=== WHAT IS BEING ASKED ===
Only the lines of the data holding the string "PageCall" need to be returned.
================
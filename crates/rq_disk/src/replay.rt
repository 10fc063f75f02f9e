//! Calls of pages in memory, made again after a crash.
ghost use Rattle.std.specs.Prelude.{◌≡◌, ◌≤◌, ◌<◌, [], ℕ, length, take, drop, get_or, slice_set};
ghost use Rattle.rq_disk.specs.Choice.{place_of};
ghost use Rattle.rq_disk.specs.Memory.{image_after, pages_after, crashed_page};
ghost use Rattle.rq_disk.specs.Replay.{AllWrites, StartsFresh, replayed, page_writes};

use crate::choice::PageChoice;
use crate::device::PAGE;
use crate::mem_pages::PageCall;

// Leaves of each page the chosen image, where these calls were made since the images were synced.
pub(crate) fn outlive(images: &mut [[u8; PAGE]], calls: &[PageCall], choice: PageChoice)
    ensures { (p : ℕ) → p < length images.old → get_or images.new p []
        ≡ crashed_page (place_of choice p) (pages_after images.old calls.now) p }
{
    let synced = calls_synced(calls);
    replay(images, &calls[..synced]);
    survive(images, &calls[synced..], choice);
}

// How many calls there are up to the last sync, and with it.
fn calls_synced(calls: &[PageCall]) -> usize
    ensures within { result ≤ length calls.now }
    ensures fresh { StartsFresh (take result calls.now) }
    ensures writes { AllWrites (drop result calls.now) }
{
    let mut synced = 0;
    for (index, call) in calls.iter().enumerate() {
        if let PageCall::Sync = call {
            synced = index + 1;
        }
    }
    synced
}

// Makes each write.
fn replay(pages: &mut [[u8; PAGE]], calls: &[PageCall])
    ensures { pages.new ≡ replayed pages.old calls.now }
{
    for call in calls {
        if let PageCall::Write(page, image) = call {
            put(pages, *page, image);
        }
    }
}

// Makes those writes that outlive a crash.
fn survive(pages: &mut [[u8; PAGE]], calls: &[PageCall], choice: PageChoice)
    ensures { (p : ℕ) → p < length pages.old → get_or pages.new p []
        ≡ image_after (page_writes calls.now) (get_or pages.old p []) p (place_of choice p) }
{
    let mut choice = choice;
    for call in calls {
        if let PageCall::Write(page, image) = call {
            if choice.takes(*page) {
                put(pages, *page, image);
            }
        }
    }
}

// Writes an image over that of its page, if there is such a page.
fn put(pages: &mut [[u8; PAGE]], page: u32, image: &[u8; PAGE])
    ensures { pages.new ≡ slice_set pages.old page image.now }
{
    let place = page as usize;
    if place < pages.len() {
        pages[place].copy_from_slice(image);
    }
}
================
=== EXPECTED ANSWER ===
use crate::mem_pages::PageCall;
pub(crate) fn outlive(images: &mut [[u8; PAGE]], calls: &[PageCall], choice: PageChoice)
fn calls_synced(calls: &[PageCall]) -> usize
        if let PageCall::Sync = call {
fn replay(pages: &mut [[u8; PAGE]], calls: &[PageCall])
        if let PageCall::Write(page, image) = call {
fn survive(pages: &mut [[u8; PAGE]], calls: &[PageCall], choice: PageChoice)
        if let PageCall::Write(page, image) = call {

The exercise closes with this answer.